In collegiate competition, a myriad of organizations provide national competition in Extemporaneous Speaking. The American Forensic Association (AFA) and the National Forensic Association(NFA) are organizations responsible for Extemporaneous speaking at the four year level, with Phi Rho Pi serving the two year, community college level. Other organizations that offer Extemporaneous Speaking competition include Pi Kappa Delta, Delta Sigma Rho-Tau Kappa Alpha, and the International Forensic Association. Collegiate competition is almost identical to High School competition, with most tournaments hosted by universities. The AFA hosts a National Individual Events Tournament (NIET), usually in April. The NFA hosts a separate tournament with easier qualification requirements known as NFA Nationals. Additionally, collegiate competition consists of dozens of tournaments across the country, like the Norton Invitational, hosted by Bradley University, and the Hell Froze Over swing tournament.
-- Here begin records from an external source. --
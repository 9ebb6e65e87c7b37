// Payloads worked by hand: what is read of each, and that it is written again.
use mail_base::{Key, ObjState, Value};
use record_form::{DiskEntry, read_record, record_into};
use std::alloc::{AllocError, Global};
use std::test::Fail;

/// The deletion of message 1.1.1 of `alice`, with the stamp (2, 1, 1), in a plan of two nodes.
const DELETION: &[u8; 37] =
    b"\x04\x02\x05alice\x01\0\0\0\x01\0\0\0\0\0\0\0\x01\x02\0\0\0\0\0\0\0\x02\0\0\0\x01\x01\0\x03";

/// The profile of `ann` with the secret `open`, as no node changed it yet, for all sixteen nodes.
const PROFILE: &[u8; 27] = b"\x04\x01\x03ann\x03\0\0\0\0\0\0\0\0\0\0\0\0\0\xff\xff\x04open";

/// Places of the deletion, and octets that must not stand there.
const DELETION_FAULTS: [(usize, u8); 24] = [
    (0, 0),
    (0, 1),
    (0, 6),
    (1, 0),
    (1, 1),
    (1, 3),
    (2, 0),
    (2, 4),
    (2, 6),
    (2, 65),
    (3, b'A'),
    (3, b'@'),
    (4, b'<'),
    (4, b' '),
    (4, 0x7f),
    (8, 0),
    (8, 17),
    (12, 0),
    (20, 0),
    (21, 0),
    (21, 3),
    (21, 4),
    (34, 17),
    (36, 0),
];

/// The same of the profile.
const PROFILE_FAULTS: [(usize, u8); 9] = [
    (1, 2),
    (2, 0),
    (3, b'>'),
    (6, 1),
    (6, 2),
    (22, 0),
    (22, 5),
    (23, 0x1f),
    (26, 0x7f),
];

// What is read of the payload, spelt again; nothing where nothing is read.
fn read_and_written(alloc: Global, payload: &[u8]) -> Result<Option<Vec<u8>>, AllocError> {
    let Some(entry) = read_record(alloc, payload)? else {
        return Ok(None);
    };
    let mut out = Vec::new(alloc);
    record_into(alloc, &mut out, &entry)?;
    Ok(Some(out))
}

// Whether the payload is read, and written again as it was.
fn is_kept(alloc: Global, payload: &[u8]) -> Result<bool, AllocError> {
    match read_and_written(alloc, payload)? {
        Some(out) => Ok(out.as_slice() == payload),
        None => Ok(false),
    }
}

// Whether nothing is read of the payload.
fn is_refused(alloc: Global, payload: &[u8]) -> Result<bool, AllocError> {
    Ok(read_record(alloc, payload)?.is_none())
}

// The payload with another octet at this place.
fn changed(alloc: Global, payload: &[u8], at: usize, octet: u8) -> Result<Vec<u8>, AllocError> {
    let mut other = payload.to_vec(alloc)?;
    if at < other.len() {
        other[at] = octet;
    }
    Ok(other)
}

// A profile with this name and this secret, of at most 255 octets each.
fn profile(alloc: Global, name: &[u8], secret: &[u8]) -> Result<Vec<u8>, AllocError> {
    let mut payload = b"\x04\x01".to_vec(alloc)?;
    payload.push(name.len().min(255) as u8)?;
    payload.extend_from_slice(name)?;
    let base = PROFILE.as_slice();
    payload.extend_from_slice(&base[6..22])?;
    payload.push(secret.len().min(255) as u8)?;
    payload.extend_from_slice(secret)?;
    Ok(payload)
}

#[test]
fn reads_and_writes(rt: HostRuntime) -> Result<(), Fail> {
    let good: [&[u8]; 8] = [
        b"\x01\0\0\0\x01",
        b"\x01\xff\xff\xff\xff",
        b"\x02\0\0\0\0\0\0\0\0\x01",
        b"\x02\xff\xff\xff\xff\xff\xff\xff\xff\x10",
        b"\x03\x01\0\0\0\x01\0\0\0\0\0\0\0\x01",
        b"\x03\x10\xff\xff\xff\xff\xff\xff\xff\xff\xff\xff\xff\xff",
        DELETION,
        PROFILE,
    ];
    for (at, payload) in good.iter().enumerate() {
        assert!(rt; is_kept(rt.alloc(), payload)?, "at {at}");
    }
    for (at, octet) in [
        (0, 5),
        (7, b'.'),
        (8, 16),
        (21, 1),
        (34, 0),
        (34, 16),
        (35, 128),
    ] {
        let payload = changed(rt.alloc(), DELETION, at, octet)?;
        assert!(rt; is_kept(rt.alloc(), &payload)?, "at {at}");
    }
    Ok(())
}

#[test]
fn refuses_other_payloads(rt: HostRuntime) -> Result<(), Fail> {
    let bad: [&[u8]; 14] = [
        b"",
        b"\0",
        b"\x01\0\0\0\0",
        b"\x01\0\0\x01",
        b"\x01\0\0\0\x01\0",
        b"\x02\0\0\0\0\0\0\0\x01\0",
        b"\x02\0\0\0\0\0\0\0\x01\x11",
        b"\x02\0\0\0\0\0\0\0\x01\x01\0",
        b"\x03\x01\0\0\0\x01\0\0\0\0\0\0\0",
        b"\x03\0\0\0\0\x01\0\0\0\0\0\0\0\x01",
        b"\x03\x11\0\0\0\x01\0\0\0\0\0\0\0\x01",
        b"\x03\x01\0\0\0\0\0\0\0\0\0\0\0\x01",
        b"\x03\x01\0\0\0\x01\0\0\0\0\0\0\0\0",
        b"\x06\0\0\0\x01",
    ];
    for (at, payload) in bad.iter().enumerate() {
        assert!(rt; is_refused(rt.alloc(), payload)?, "at {at}");
    }
    for (at, octet) in DELETION_FAULTS {
        let payload = changed(rt.alloc(), DELETION, at, octet)?;
        assert!(rt; is_refused(rt.alloc(), &payload)?, "at {at}");
    }
    for (at, octet) in PROFILE_FAULTS {
        let payload = changed(rt.alloc(), PROFILE, at, octet)?;
        assert!(rt; is_refused(rt.alloc(), &payload)?, "at {at}");
    }
    Ok(())
}

#[test]
fn bounds_names_and_secrets(rt: HostRuntime) -> Result<(), Fail> {
    for (name, secret, read) in [
        (1, 1, true),
        (64, 64, true),
        (65, 64, false),
        (64, 65, false),
        (0, 64, false),
        (64, 0, false),
    ] {
        let payload = profile(rt.alloc(), &[b'a'; 65][..name], &[b' '; 65][..secret])?;
        assert!(rt; is_kept(rt.alloc(), &payload)? == read, "name of {name}");
        assert!(rt; is_refused(rt.alloc(), &payload)? != read, "name of {name}");
    }
    Ok(())
}

#[test]
fn wants_all_octets_and_no_more(rt: HostRuntime) -> Result<(), Fail> {
    for payload in [DELETION.as_slice(), PROFILE.as_slice()] {
        for len in 0..payload.len() {
            assert!(rt; is_refused(rt.alloc(), &payload[..len])?, "of {len}");
        }
        let mut longer = payload.to_vec(rt.alloc())?;
        longer.push(0)?;
        assert!(rt; is_refused(rt.alloc(), &longer)?);
    }
    Ok(())
}

// The parts of a stamp, and the mask of the targets.
fn add_numbers(out: &mut String, alloc: Global, state: &ObjState) -> Result<(), AllocError> {
    let (stamp, mask) = (state.stamp, state.targets.mask());
    out.push_str(&format!(in alloc; " {}.{}.{} {mask}", stamp.count, stamp.boot, stamp.node)?)
}

fn add_text(out: &mut String, octets: &[u8]) -> Result<(), AllocError> {
    for x in octets {
        out.push(char::from(*x))?;
    }
    Ok(())
}

// Whose object it is and which, what stands of it, and the numbers of the state.
fn object_text(alloc: Global, key: &Key, state: &ObjState) -> Result<String, AllocError> {
    let mut out = String::new(alloc);
    match key {
        Key::Message(user, id) => {
            add_text(&mut out, user.octets())?;
            out.push_str(" ")?;
            out.push_str(&id.id_text(alloc)?)?;
        }
        Key::Profile(user) => add_text(&mut out, user.octets())?,
    }
    out.push_str(" ")?;
    match &state.value {
        Value::Here => out.push_str("here")?,
        Value::Gone => out.push_str("gone")?,
        Value::Secret(secret) => add_text(&mut out, secret.octets())?,
    }
    add_numbers(&mut out, alloc, state)?;
    Ok(out)
}

fn entry_text(alloc: Global, entry: &DiskEntry) -> Result<String, AllocError> {
    match entry {
        DiskEntry::Boot { boot } => format!(in alloc; "boot {boot}"),
        DiskEntry::Promise { epoch } => {
            format!(in alloc; "promise {}.{}", epoch.count, epoch.node)
        }
        DiskEntry::Octets { id, length } => {
            format!(in alloc; "octets {} {length}", id.id_text(alloc)?)
        }
        DiskEntry::State { key, state } => object_text(alloc, key, state),
        DiskEntry::Retired { key, state } => {
            format!(in alloc; "retired {}", object_text(alloc, key, state)?)
        }
    }
}

// What the payload is read as; nothing where nothing is read.
fn read_as(alloc: Global, payload: &[u8]) -> Result<String, AllocError> {
    match &read_record(alloc, payload)? {
        Some(entry) => entry_text(alloc, entry),
        None => Ok(String::new(alloc)),
    }
}

#[test]
fn reads_what_is_spelt(rt: HostRuntime) -> Result<(), Fail> {
    let cases: [(&[u8], &str); 4] = [
        (b"\x01\x01\x02\x03\x04", "boot 16909060"),
        (b"\x02\0\0\0\0\0\0\x01\x02\x03", "promise 258.3"),
        (DELETION, "alice 1.1.1 gone 2.1.1 3"),
        (PROFILE, "ann open 0.0.0 65535"),
    ];
    for (at, (payload, wanted)) in cases.iter().enumerate() {
        let text = read_as(rt.alloc(), payload)?;
        assert!(rt; text.as_str() == *wanted, "at {at}");
    }
    let retired = changed(rt.alloc(), DELETION, 0, 5)?;
    assert!(rt; read_as(rt.alloc(), &retired)?.as_str() == "retired alice 1.1.1 gone 2.1.1 3");
    Ok(())
}

// A message's octets end with the payload: the journal bounds it, and not the grammar.
#[test]
fn counts_the_octets_of_a_message(rt: HostRuntime) -> Result<(), Fail> {
    for (len, wanted) in [
        (14, "octets 2.7.256 0"),
        (15, "octets 2.7.256 1"),
        (16_842_752, "octets 2.7.256 16842738"),
        (16_842_753, "octets 2.7.256 16842739"),
    ] {
        let mut payload = b"\x03\x02\0\0\0\x07\0\0\0\0\0\0\x01\0".to_vec(rt.alloc())?;
        payload.resize(len, b'x')?;
        let text = read_as(rt.alloc(), &payload)?;
        assert!(rt; text.as_str() == wanted, "of {len}");
    }
    Ok(())
}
Most competition is held in the United States however countries around the world have Extemp tournaments.

Rankings 
Rankings for High School Extemporaneous Speaking are officially maintained by The NSDA, and two community-run organizations: Extemp Central and The Extemper's Bible

National Champions 
In American High School Extemporaneous Speaking, the Montgomery Bell Round Robin, Tournament of Champions, Extemp Tournament of Champions, National Individual Events Tournament of Champions, National Catholic Forensic League (NCFL) Grand National Championship, NSDA National Championship in United States Extemp, and NSDA National Championship in International Extemp are all considered to be national championships or of equivalent level.

Different organizations track and rank competitors based on the aforementioned national championships and circuit tournaments throughout the season. These different "races," the NSDA Points Race in Extemp, Extemper's Bible National Points Race, and Extemp Central Points Race, rank and track competitors throughout the season, before crowning a champion at the end of the season.  

2022-2023 

In the 2022-2023 season thus far, McKinley Paltzik (Phoenix Country Day School, Arizona) won the Montgomery Bell Round Robin.

2021-2022 
In the 2021-2022 season, Daniel Kind (Lake Highland Preparatory School, Florida) won the NCFL Grand National Championship, Extemp Central Points Race, Extemper's Bible National Points Race, and the NSDA Points Race in Extemp. McKinley Paltzik (Phoenix Country Day School, Arizona) won the Montgomery Bell Round Robin, the Tournament of Champions, and the NSDA National Championship in International Extemp. Peter Alisky (Smoky Hill, Colorado) won the NSDA National Championship in United States Extemp. Gabriel Bo (Plano West Sr. High School, Texas) won the National Individual Events Tournament of Champions. Cameron Roberts (Jack C Hays High School, Texas) won the Extemp Tournament of Champions.

2020-2021 
In the 2020-2021 season Kay Rollins (The Potomac School, Virginia) won the Montgomery Bell Round Robin, the Tournament of Champions, the National Individual Events Tournament of Champions, and the NSDA Points Race in Extemp. Mukta Dharmapurikar (Durham Academy, North Carolina) won the Extemp Tournament of Champions and the Extemper's Bible National Points Race. Ananth Veluvali (Edina High School, Minnesota) won the NCFL Grand National Championship. Pranav Pattatathunaduvil (Plano West Sr. High School, Texas) won the NSDA National Championship in International Extemp. Laurel Holley (Riverside High School, South Carolina) won the NSDA National Championship in United States Extemp. Due to the COVID-19 pandemic, the Extemp Central National Points Race was not held that season. Extemp Central did not release standings for the 2020-2021 season.